Here in Australia. Even the, even though the universities have been set up under state acts of parliament, typically, so there’s a University of Queensland act here in Queensland, there’d be a University of Sydney act in New South Wales. Even though that’s the case, the federal government has largely taken over university, so the funding of universities and administration of them or the policy settings for universities.
So, what this Urban Institute study finds or rather a review, and they do do some number crunching themselves, I should note. So, they find that, for most an investment in higher education yields a substantial economic and personal return, but this investment may not pan out for some students. okay, so we’re talking about students on average, or the majority of students; some people can obviously go to uni., and you know, maybe they have some bad luck. Or maybe they study something that’s not really in demand. So, we’ll talk about that a bit later. Because we’re economists we know that supply and demand is everything, ultimately, okay. And there are big differences in returns for different fields, and also between the level of the degree. So, they go, a bachelor’s degree recipient will typically have higher earnings than an associate’s degree recipient, and a Harvard graduate will likely earn more than a graduate from a nonselective four-year school. However, the relationship between the students selected degree level major and institution can be complex, in some degree major scenarios may not pay off until later in life or ever. Right. Okay.
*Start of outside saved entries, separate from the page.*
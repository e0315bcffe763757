//! Faults written as text.

ghost use Rattle.std.specs.Prelude.{◌≡◌, ◌++◌, OnOk, OnErr, codes, decimal};
ghost use Rattle.cp_text.specs.Growth.{KeepsFront};
ghost use Rattle.vertex_checks.specs.Text.{unassigned_text, local_text, vertex_text, fault_text, faults_text};

use crate::faults::{LocalFault, VertexFault};
use cp_text::{all_or_nothing, append_number, write_point};
use plane_geometry::Point;
use std::alloc::AllocError;

// Here and below, on an error a part of the text may stand behind the old bytes.
fn put_counts(out: &mut Vec<u8>, m: u32, v: u32) -> Result<(), AllocError>
    ensures ok { OnOk result
        (out.new.items ≡ out.old.items ++ codes "maekawa " ++ decimal m ++ codes " " ++ decimal v) }
    ensures err { OnErr result (KeepsFront out.old.items out.new.items) }
{
    out.extend_from_slice(b"maekawa ")?;
    append_number(out, u64::from(m))?;
    out.extend_from_slice(b" ")?;
    append_number(out, u64::from(v))
}

// Where there are some.
fn put_unassigned(out: &mut Vec<u8>, u: u32) -> Result<(), AllocError>
    ensures ok { OnOk result (out.new.items ≡ out.old.items ++ unassigned_text u) }
    ensures err { OnErr result (KeepsFront out.old.items out.new.items) }
{
    if u == 0 {
        return Ok(());
    }
    out.extend_from_slice(b" ")?;
    append_number(out, u64::from(u))
}

fn put_local(out: &mut Vec<u8>, fault: LocalFault) -> Result<(), AllocError>
    ensures ok { OnOk result (out.new.items ≡ out.old.items ++ local_text fault) }
    ensures err { OnErr result (KeepsFront out.old.items out.new.items) }
{
    match fault {
        LocalFault::Kawasaki => out.extend_from_slice(b"kawasaki"),
        LocalFault::Maekawa { m, v, u } => {
            put_counts(out, m, v)?;
            put_unassigned(out, u)
        }
        LocalFault::BigLittleBig { direction } => {
            out.extend_from_slice(b"biglittlebig ")?;
            append_number(out, u64::from(direction.number()))
        }
    }
}

fn put_vertex(out: &mut Vec<u8>, v: &Point) -> Result<(), AllocError>
    ensures ok { OnOk result (out.new.items ≡ out.old.items ++ vertex_text v.now) }
    ensures err { OnErr result (KeepsFront out.old.items out.new.items) }
{
    write_point(out, v)?;
    out.extend_from_slice(b" ")
}

fn put_fault(out: &mut Vec<u8>, fault: &VertexFault) -> Result<(), AllocError>
    ensures ok { OnOk result (out.new.items ≡ out.old.items ++ fault_text fault.now) }
    ensures err { OnErr result (KeepsFront out.old.items out.new.items) }
{
    put_vertex(out, &fault.vertex)?;
    put_local(out, fault.fault)?;
    out.extend_from_slice(b"\n")
}

fn put_faults(out: &mut Vec<u8>, faults: &[VertexFault]) -> Result<(), AllocError>
    ensures ok { OnOk result (out.new.items ≡ out.old.items ++ faults_text faults.now) }
    ensures err { OnErr result (KeepsFront out.old.items out.new.items) }
{
    for fault in faults {
        put_fault(out, fault)?;
    }
    Ok(())
}

/// Appends a line for each fault: the coordinates of its vertex, its word and its numbers. Without memory the bytes stay
/// as they were.
pub fn write_faults(out: &mut Vec<u8>, faults: &[VertexFault]) -> Result<(), AllocError>
    ensures ok { OnOk result (out.new.items ≡ out.old.items ++ faults_text faults.now) }
    ensures err { OnErr result (out.new.items ≡ out.old.items) }
{
    let before = out.len();
    let written = put_faults(out, faults);
    all_or_nothing(out, before, written)
}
Now, in that Urban Institute paper, they present some return-on-investment estimates. So, what economists call internal rate of return, which is a yield – an investment yield. So, what’s the rate of return you get on that investment? And so, they find, like, depending, and I’ll put a link to it in the show45 notes, but depending on the degree area, and depending on the level, it differs. So, business management looks pretty good. So, if you go to a private, not for profit, four year college and you do business management, you’ll get an 18% return on investment. The way to think about that is well think about, if you made an investment in the stock market, and you were getting, I don’t know, 7 or 8% or whatever, even less a year. And that’s not what you’d compare with that business management, that yield of 18%. Now, if they’ve calculated that properly, that should be a real rate of return. So, that’s a very good real rate of return, 18%.
So, business management, good stuff. I mean, we’re economists, so we’d probably fall in business management, unless we’re in social and behavioral sciences. Those rates of return are a little bit lower, humanities a bit lower too. Life sciences here are in your near calculations; they have relative well, much lower rates of return. So, 9% compared with the 18%, for business management, the worst here looks to be education at 7%. And yes, so education seems to be less lucrative than these other fields.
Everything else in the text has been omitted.